▸ **Task to carry out**
An identical copy of every entry below is the required output.
(Information supplied Opens)
//! What can happen to an index, and what comes of it.

use index_keeper::Keeper;
use index_state::{Begun, GroomTask, Judged, OpenFault, Published, State};
use path_canon::Select;
use row_types::{BuildId, CanonPath, Kind, Name, TrueRow, Truth};
use scan_queue::{Cause, Listing, Seen};

/// What can happen to an index.
#[derive(Drop)]
pub enum Event<W: Truth> {
    /// A pass begins over what a walk of the roots listed, where these paths are selected.
    Begin(Listing, Vec<CanonPath>, Select),
    /// The first name that is to be read goes out.
    Take,
    /// A row is published.
    Publish(TrueRow<W>),
    /// The first name that is to be looked for goes out.
    GroomTake,
    /// A name is judged by what was seen at its path.
    Judge(Name, Seen),
    /// A name that is out is missed.
    Miss(Name, Cause),
    /// The names that are out or missed get their copies, and are tried again.
    Retry,
    /// The files with an id that are of a kind are looked up.
    Look(BuildId, Kind),
    /// The keeper is given back, the store is opened again, and the index on it.
    Reopen,
}

/// What was answered to an event.
#[derive(Drop)]
pub enum EventAnswer {
    /// The answer to `begin`.
    Begin(Begun),
    /// The answer to `take`.
    Take(Option<Name>),
    /// The answer to `publish`.
    Publish(Published),
    /// The answer to `groom_take`.
    GroomTake(Option<GroomTask>),
    /// The answer to `judge`.
    Judge(Judged),
    /// The answer to `miss`.
    Miss(bool),
    /// The answer to `retry`.
    Retry(u64),
    /// The paths of the rows that were found, in order.
    Look(Vec<CanonPath>),
    /// The index is open again.
    Opened,
}

/// What came of a list of events.
#[derive(Drop)]
pub enum EventsEnd<W: Truth, K: Keeper<W>> {
    /// All happened.
    All {
        /// The index.
        state: State<W, K>,
        /// What was answered to each event, in order.
        answers: Vec<EventAnswer>,
    },
    /// There was not enough memory for the next event, or to note the answers.
    Stopped {
        /// The index after the first events.
        state: State<W, K>,
        /// How many happened.
        done: u64,
    },
    /// The next event is a reopening that was refused.
    Unopened {
        /// How many happened before it.
        done: u64,
        /// Why it was refused. A store that failed to open is a keeper's fault.
        fault: OpenFault,
    },
}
(Information supplied Closes)
▸ **Result of the exercise**
//! What can happen to an index, and what comes of it.

use index_keeper::Keeper;
use index_state::{Begun, GroomTask, Judged, OpenFault, Published, State};
use path_canon::Select;
use row_types::{BuildId, CanonPath, Kind, Name, TrueRow, Truth};
use scan_queue::{Cause, Listing, Seen};

/// What can happen to an index.
#[derive(Drop)]
pub enum Event<W: Truth> {
    /// A pass begins over what a walk of the roots listed, where these paths are selected.
    Begin(Listing, Vec<CanonPath>, Select),
    /// The first name that is to be read goes out.
    Take,
    /// A row is published.
    Publish(TrueRow<W>),
    /// The first name that is to be looked for goes out.
    GroomTake,
    /// A name is judged by what was seen at its path.
    Judge(Name, Seen),
    /// A name that is out is missed.
    Miss(Name, Cause),
    /// The names that are out or missed get their copies, and are tried again.
    Retry,
    /// The files with an id that are of a kind are looked up.
    Look(BuildId, Kind),
    /// The keeper is given back, the store is opened again, and the index on it.
    Reopen,
}

/// What was answered to an event.
#[derive(Drop)]
pub enum EventAnswer {
    /// The answer to `begin`.
    Begin(Begun),
    /// The answer to `take`.
    Take(Option<Name>),
    /// The answer to `publish`.
    Publish(Published),
    /// The answer to `groom_take`.
    GroomTake(Option<GroomTask>),
    /// The answer to `judge`.
    Judge(Judged),
    /// The answer to `miss`.
    Miss(bool),
    /// The answer to `retry`.
    Retry(u64),
    /// The paths of the rows that were found, in order.
    Look(Vec<CanonPath>),
    /// The index is open again.
    Opened,
}

/// What came of a list of events.
#[derive(Drop)]
pub enum EventsEnd<W: Truth, K: Keeper<W>> {
    /// All happened.
    All {
        /// The index.
        state: State<W, K>,
        /// What was answered to each event, in order.
        answers: Vec<EventAnswer>,
    },
    /// There was not enough memory for the next event, or to note the answers.
    Stopped {
        /// The index after the first events.
        state: State<W, K>,
        /// How many happened.
        done: u64,
    },
    /// The next event is a reopening that was refused.
    Unopened {
        /// How many happened before it.
        done: u64,
        /// Why it was refused. A store that failed to open is a keeper's fault.
        fault: OpenFault,
    },
}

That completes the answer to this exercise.